» **Record set**
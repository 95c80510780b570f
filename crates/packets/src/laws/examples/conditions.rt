//! Which packets meet a condition, by the table of docs/PACKETS.md.

ghost use Rattle.std.specs.Prelude.{◌≡◌, ◌==◌, ◌++◌, ℕ, List, [], ◌∷◌, true, false, None, Some, Ok, Err, replicate, take};
ghost use Rattle.captures.specs.declared.link.kind.Link.TheVariants as link;
ghost use Rattle.etherparse.specs.declared.defrag.ip_defrag_payload_vec.IpDefragPayloadVec.{IpDefragPayloadVec};
ghost use Rattle.ep_ipslice.specs.LaxPackets.{LaxIpv6Packet};
ghost use Rattle.ep_ipslice.specs.Packet.{Ipv6Packet};
ghost use Rattle.ep_packet.specs.Readable.{message_at};
ghost use Rattle.ep_packet.specs.declared.err.packet.slice_error.SliceError.TheVariants as fault;
ghost use Rattle.ep_packet.specs.declared.lax_sliced_packet.LaxSlicedPacket.{LaxSlicedPacket};
ghost use Rattle.ep_packet.specs.declared.net.lax_net_slice.LaxNetSlice.TheVariants as lax;
ghost use Rattle.ep_packet.specs.declared.net.net_slice.NetSlice.TheVariants as slice;
ghost use Rattle.ep_packet.specs.declared.sliced_packet.SlicedPacket.{SlicedPacket};
ghost use Rattle.ep_packet.specs.declared.transport.transport_slice.TransportSlice.TheVariants as transport;
ghost use Rattle.etherparse.specs.declared.defrag.ip_defrag_error.IpDefragError.TheVariants as fragment_error;
ghost use Rattle.ep_tag.specs.declared.link.lax_link_ext_slice.LaxLinkExtSlice.TheVariants as lax_tag;
ghost use Rattle.ep_tag.specs.declared.link.link_ext_slice.LinkExtSlice.TheVariants as tag;
ghost use Rattle.ep_tcpudp.specs.declared.err.tcp.header_error.HeaderError.TheVariants as tcp;
ghost use Rattle.header_descriptions.specs.declared.protocol.Protocol.TheVariants as protocol;
ghost use Rattle.packets.specs.Conditions.{are_within, arp_numbers, has_flag, has_host, has_port};
ghost use Rattle.packets.specs.Conditions.{has_vlan_id, holds};
ghost use Rattle.packets.specs.Conditions.{ipv4_network, ipv4_number, ipv4_numbers, ipv6_network, ipv6_numbers};
ghost use Rattle.packets.specs.Conditions.{is_within, lax_net_ipv4_numbers, lax_net_ipv6_numbers};
ghost use Rattle.packets.specs.Conditions.{net_ipv4_numbers, net_ipv6_numbers};
ghost use Rattle.packets.specs.Dissected.{verdict_on};
ghost use Rattle.packets.specs.Expressions.{IsWritten, expressions_of, formula_of, lets_through, meets};
ghost use Rattle.packets.specs.Expressions.Formula.{And, Not, Or, Test};
ghost use Rattle.packets.specs.Expressions.Part.{Alternatives};
ghost use Rattle.packets.specs.Examples.{arp_for_another_protocol, arp_of_arcnet, arp_of_ieee_802, arp_request};
ghost use Rattle.packets.specs.Examples.{datagram_with, eighth, in_part, ipv4_ends, ipv4_header, ipv4_in_part};
ghost use Rattle.packets.specs.Examples.{ipv6_header, segment_with};
ghost use Rattle.packets.specs.LaxLayers.{lax_layers_of};
ghost use Rattle.packets.specs.MessageHeaders.{completed_header, message_header, packet_header, ports_header, ports_of};
ghost use Rattle.packets.specs.MessageHeaders.{segment_header, transport_header, whole_header};
ghost use Rattle.etherparse.specs.PoolCalls.CallResult.{Delivered, Nothing};
ghost use Rattle.ep_base.specs.declared.len_source.LenSource.TheVariants as source;
ghost use Rattle.ep_packet.specs.Class.Class.{Cut};
ghost use Rattle.packets.specs.declared.dissection.Dissection.{Dissection};
ghost use Rattle.packets.specs.declared.dissection.Fragment.TheVariants as fragment;
ghost use Rattle.packets.specs.declared.condition.Condition.TheVariants as condition;
ghost use Rattle.packets.specs.declared.condition.Side.TheVariants as side;
ghost use Rattle.packets.specs.declared.condition.TcpFlag.TheVariants as tcp_flag;
ghost use Rattle.packets.specs.declared.expression.Expression.{Expression};
ghost use Rattle.packets.specs.declared.expression.Word.TheVariants as word;
ghost use Rattle.packets.specs.declared.filter.Filter.{Filter};
ghost use Rattle.packets.specs.declared.verification.Verification.TheVariants.{Over};
ghost use Rattle.std.specs.declared.net.ip_addr.IpAddr.TheVariants as ip_addr;
ghost use Rattle.checksum_verdicts.specs.declared.verdict.Verdict.TheVariants as verdict;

» **Work item**
Nothing but a number should be returned: how many lines of the listing include "dissection".

» **Finished task**
2